- **Aim of the exercise**: Set down the entries exactly. No line may differ from its source.
::: Data for processing
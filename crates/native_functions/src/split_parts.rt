//! Arrays that get the parts of strings, once arguments are read (MQL5 Reference, StringSplit).
ghost use Rattle.std.specs.Prelude.{◌≡◌, IfOk, map};
ghost use Rattle.mql_meaning.specs.Natives as meaning;
ghost use Rattle.native_arguments.specs.Arguments.{parts_of};
ghost use Rattle.native_arguments.specs.Done.{Computes};
ghost use Rattle.native_functions.specs.Strings.{text_cell};

use crate::values::{given_with, unit, whole};
use fx8::{ItemList, OutOfMemory, Stack, Text};
use mql_mean::Value;
use mql_meaning::{Cell, Store};
use native_arguments::{Array, NativeDone, refuses};
use native_strings::split;
use std::alloc::Global;
use store_cells::{Fault, copied_all};

/// Strings as cells.
fn text_cells(alloc: Global, texts: ItemList<Text>) -> Result<ItemList<Cell>, OutOfMemory>
    ensures { IfOk result (λ cells. cells ≡ map text_cell texts) }
{
    let mut rest = Stack::of_list(texts);
    let mut cells = ItemList::new(alloc);
    while let Some(text) = rest.pop() {
        cells.push(Cell::One(Value::Str(text)))?;
    }
    Ok(cells)
}

/// An array whose elements become the parts of a string between separators (StringSplit).
pub(crate) fn parts(
    alloc: Global,
    text: &[u16],
    separator: i128,
    array: Array<'_>,
    store: &Store,
) -> Result<NativeDone, Fault>
    ensures { Computes (meaning.splits text.now separator (parts_of array.entry)) result store.now }
{
    if !array.dynamic {
        return Ok(refuses(alloc, whole(0)));
    }
    let texts = split(alloc, unit(separator)?, text)?;
    let count = texts.len();
    let items = text_cells(alloc, texts)?;
    let unit = copied_all(alloc, array.unit.as_slice())?;
    let cell = Cell::Array(array.dynamic, array.series, unit, items);
    given_with(alloc, cell, whole(count), store)
}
::::::
- **Result of this exercise**:
filename crates/native_functions/src/split_parts.rt
//! Arrays that get the parts of strings, once arguments are read (MQL5 Reference, StringSplit).
ghost use Rattle.std.specs.Prelude.{◌≡◌, IfOk, map};
ghost use Rattle.mql_meaning.specs.Natives as meaning;
ghost use Rattle.native_arguments.specs.Arguments.{parts_of};
ghost use Rattle.native_arguments.specs.Done.{Computes};
ghost use Rattle.native_functions.specs.Strings.{text_cell};

use crate::values::{given_with, unit, whole};
use fx8::{ItemList, OutOfMemory, Stack, Text};
use mql_mean::Value;
use mql_meaning::{Cell, Store};
use native_arguments::{Array, NativeDone, refuses};
use native_strings::split;
use std::alloc::Global;
use store_cells::{Fault, copied_all};

/// Strings as cells.
fn text_cells(alloc: Global, texts: ItemList<Text>) -> Result<ItemList<Cell>, OutOfMemory>
    ensures { IfOk result (λ cells. cells ≡ map text_cell texts) }
{
    let mut rest = Stack::of_list(texts);
    let mut cells = ItemList::new(alloc);
    while let Some(text) = rest.pop() {
        cells.push(Cell::One(Value::Str(text)))?;
    }
    Ok(cells)
}

/// An array whose elements become the parts of a string between separators (StringSplit).
pub(crate) fn parts(
    alloc: Global,
    text: &[u16],
    separator: i128,
    array: Array<'_>,
    store: &Store,
) -> Result<NativeDone, Fault>
    ensures { Computes (meaning.splits text.now separator (parts_of array.entry)) result store.now }
{
    if !array.dynamic {
        return Ok(refuses(alloc, whole(0)));
    }
    let texts = split(alloc, unit(separator)?, text)?;
    let count = texts.len();
    let items = text_cells(alloc, texts)?;
    let unit = copied_all(alloc, array.unit.as_slice())?;
    let cell = Cell::Array(array.dynamic, array.series, unit, items);
    given_with(alloc, cell, whole(count), store)
}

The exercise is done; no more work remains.